(Stored items from a collection)
//! Modules that check who logs in: in `auth` they do not answer `ignore`.

ghost use Rattle.std.specs.Prelude.{◌≡◌, ◌≢◌, ℕ, [], IfErr, IfOk, IfSome, List, OnOk, is_some, unwrap_or};
ghost use Rattle.std.specs.Option.{option_map_or};
ghost use Rattle.pam_conf.specs.ItemsOf.{module_text};
ghost use Rattle.pam_conf.specs.Stack.{module_count};
ghost use Rattle.pam_facts.specs.Answers.{Allows};
ghost use Rattle.pam_facts.specs.known.Answers.{IsFault, if_any};
ghost use Rattle.pam_facts.specs.known.Tables.{tables_view};
ghost use Rattle.pam_policy.specs.host.Answers.{checked_codes, checked_with, checker_codes, is_checker, is_checks, is_told, lines_in, with_checked};
ghost use Rattle.pam_policy.specs.host.inner.Answers.{IsOfReturns};
ghost use Rattle.pam_tables.specs.Returns.{codes_for};

use pam_codes::{Code, CodeSet};
use pam_conf::{Kind, Module, Stack};
use pam_facts::known::{KnownError, NumberedError, Tables, is_access_reader, name_of_path};
use pam_facts::{Class, Fact, Facts, replace_codes};
use pam_paths::Known;
use pam_tables::{ReturnTable, TableFault};
use pam_text::Texts;
use std::alloc::Global;

/// The lines of the returns file, if one is given and has no fault. The only error is want of memory.
fn lines_in<'x>(alloc: Global, tables: &Tables<'x>) -> Result<Option<ReturnTable<'x>>, KnownError>
    ensures lines { IfOk result (λ lines. unwrap_or lines [] ≡ lines_in (tables_view tables.now)) }
    ensures memory { IfErr result (λ error. IsFault error ⊥) }
    ensures read { IfErr result (IsOfReturns (is_some (tables_view tables.now).returns)) }
{
    let Some(bytes) = tables.returns else {
        return Ok(None);
    };
    match ReturnTable::read(alloc, bytes) {
        Ok(lines) => Ok(Some(lines)),
        Err(error) => {
            if error.fault == TableFault::Memory {
                return Err(KnownError::Table(NumberedError::first(error)));
            }
            Ok(None)
        }
    }
}

fn has_tables(tables: Option<&Texts>) -> bool
    ensures { result ≡ is_some (if_any (option_map_or (λ t. t.now) tables.entry [])) }
{
    match tables {
        Some(tables) => tables.len() != 0,
        None => false,
    }
}

fn has_line(lines: &Option<ReturnTable<'_>>, name: &[u8]) -> bool
    ensures { result ≡ is_some (codes_for (unwrap_or lines.now []) name.now) }
{
    match lines {
        Some(lines) => lines.codes(name).is_some(),
        None => false,
    }
}

/// Whether an access table, or a line of the returns file, says what a module answers in `auth`.
#[tactic(auto, unfolding(pam_facts::specs::known::Answers::access_read))]
fn is_told(tables: &Tables<'_>, lines: &Option<ReturnTable<'_>>, module: &Module) -> bool
    ensures { result ≡ is_told (tables_view tables.now) (unwrap_or lines.now []) (module_text «module».now) }
{
    is_access_reader(module) && has_tables(tables.access)
        || has_line(lines, name_of_path(&module.path))
}

fn is_checks(class: Class) -> bool
    ensures { result ≡ is_checks class }
{
    match class {
        Class::Checks => true,
        _ => false,
    }
}

/// Whether a row of the class `checks` tells of a module, which takes its arguments.
fn is_checker(facts: &Facts<'_>, module: &Module) -> bool
    ensures { result ≡ is_checker facts.now (module_text «module».now) }
{
    facts.has_row(&module.path, &module.arguments)
        && is_checks(facts.of(&module.path, &module.arguments).class)
        && !facts.always_fails(Kind::Auth, module)
}

/// What a module that checks can answer in `auth`, without `ignore`. One that has no other code fails.
fn checker_codes(fact: Fact) -> CodeSet
    ensures value { result ≡ checker_codes fact }
    ensures some { result ≢ [] }
{
    let codes = fact
        .codes_in(Kind::Auth)
        .without(CodeSet::single(Code::IGNORE));
    if codes.is_empty() {
        return CodeSet::single(Code::AUTH_ERR);
    }
    codes
}

/// The answers of a module that checks, if the facts alone tell of it.
fn checked_codes(
    tables: &Tables<'_>,
    lines: &Option<ReturnTable<'_>>,
    module: &Module,
) -> Option<CodeSet>
    ensures codes { result ≡ checked_codes (tables_view tables.now) (unwrap_or lines.now []) (module_text «module».now) }
    ensures some { IfSome result (λ codes. codes ≢ []) }
{
    let facts = tables.facts?;
    if is_checker(facts, module) && !is_told(tables, lines, module) {
        return Some(checker_codes(facts.of(&module.path, &module.arguments)));
    }
    None
}

/// The same, by the number of the module.
#[tactic(auto, unfolding(crate::specs::host::Answers::checked_with))]
fn checked_at(
    tables: &Tables<'_>,
    lines: &Option<ReturnTable<'_>>,
    stack: &Stack,
    number: usize,
) -> Option<CodeSet>
    ensures codes { result ≡ checked_with (tables_view tables.now) (unwrap_or lines.now []) stack.now number }
    ensures some { IfSome result (λ codes. codes ≢ []) }
{
    match stack.module(number) {
        Some(module) => checked_codes(tables, lines, module),
        None => None,
    }
}

/// Takes `ignore` from the modules of an `auth` stack that check, with these lines of the returns file.
fn set_by_lines(
    tables: &Tables<'_>,
    lines: &Option<ReturnTable<'_>>,
    stack: &Stack,
    known: &mut Known,
)
    ensures { (base : ℕ → List ℕ) → Allows (module_count stack.now) known.old base → Allows (module_count stack.now) known.new
        (λ number. unwrap_or (checked_with (tables_view tables.now) (unwrap_or lines.now []) stack.now number) (base number)) }
{
    for index in 0..stack.modules() {
        replace_codes(
            known,
            index + 1,
            checked_at(tables, lines, stack, index + 1),
        );
    }
}

/// Takes `ignore` from the answers of the modules that check, in `auth`. The only error is want of memory.
pub(crate) fn set_checked(
    alloc: Global,
    tables: &Tables<'_>,
    kind: Kind,
    stack: &Stack,
    known: &mut Known,
) -> Result<(), KnownError>
    ensures known { (base : ℕ → List ℕ) → Allows (module_count stack.now) known.old base
        → OnOk result (Allows (module_count stack.now) known.new (with_checked kind (tables_view tables.now) stack.now base)) }
    ensures memory { IfErr result (λ error. IsFault error ⊥) }
    ensures read { IfErr result (IsOfReturns (is_some (tables_view tables.now).returns)) }
{
    match kind {
        Kind::Auth => {
            let lines = lines_in(alloc, tables)?;
            set_by_lines(tables, &lines, stack, known);
            Ok(())
        }
        Kind::Account | Kind::Password | Kind::Session => Ok(()),
    }
}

**DESCRIPTION OF THE TASK**:
Set out exactly the lines from the one bearing "let lines = lines_in(alloc, tables)?;" through the end of the data, including both ends and omitting all others.

**RESPONSE TO THIS EXERCISE**:
            let lines = lines_in(alloc, tables)?;
            set_by_lines(tables, &lines, stack, known);
            Ok(())
        }
        Kind::Account | Kind::Password | Kind::Session => Ok(()),
    }
}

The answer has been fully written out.